Spain reports 1st price drop in 4 years as eurozone braces for deflation
By Katell Abiven, AFP March 29, 2014, 12:09 am TWN
MADRID--Spain reported Friday its first fall in consumer prices in more than four years, feeding fears that the eurozone could fall into the grip of a deflationary spiral.
Consumer prices fell at annual rate of 0.2 percent in March after crawling 0.1-percent higher the previous month, the National Statistics Office said in a preliminary report.
If the initial data are confirmed, it would be the first annual decline in consumer prices since October 2009.
As shoppers and businesses keep a grip on their wallets in a period of austerity and high unemployment, inflation has dropped to levels sounding alarm bells in much of the eurozone.

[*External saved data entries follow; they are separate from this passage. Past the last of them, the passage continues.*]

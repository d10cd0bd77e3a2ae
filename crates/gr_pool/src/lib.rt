//! The ready goroutines of a run, in the order of their names.
#![tactic(auto)]

mod places;
pub mod pool;

pub use pool::Pool;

The danger is that a broad, sustained decline in prices can lead people to postpone purchases in the hope that prices will tumble even further, resulting in a vicious circle from which escape is difficult.
European Central Bank president Mario Draghi vowed this week to do everything possible to ensure the eurozone avoids falling into that trap.
"If any downside risks to the scenario appear, we stand ready to take additional monetary policy measures that ensure our mandate is fulfilled," Draghi told a conference in Paris on Tuesday.
"In other words, we will do what is needed to maintain price stability," Draghi said.
Inflation in the 18 countries that share the euro is running at 0.8 percent, however, far below the ECB's target of around 2.0 percent.
Trying to counter that deflationary risk, the ECB has cut and held its key interest rate at an all-time low of 0.25 percent, hoping that low financing costs will stimulate spending.
The European bank is penciling in a pick-up in inflation to 1.0 percent in 2014, 1.3 percent in 2015 and 1.5 percent in 2016.
In Spain, the eurozone's fourth-largest economy, prices have been held in check by weak demand.
Household budgets have been squeezed by an unemployment rate topping 26 percent and austerity measures such as sales tax increases.
Partly as a result, Spain is emerging only gingerly from five years of stop-start recession, sparked by a 2008 property crash that destroyed millions of jobs and plunged the nation into debt.
Though the Spanish economy struggled out of its latest two-year economic downturn in the second half of 2013, activity remains modest with the expansion measured at 0.2 percent in the final quarter of 2013.
IMF chief Christine Lagarde warned this month that persistently low inflation posed a looming threat to economic recovery in the eurozone region.
The ECB could do more to ward off the menace, she told an economic conference in Bilbao, northern Spain.
"There is still room to maneuver that can be used with a view to bringing the inflation to target and with the view to procuring the creation of jobs," she said.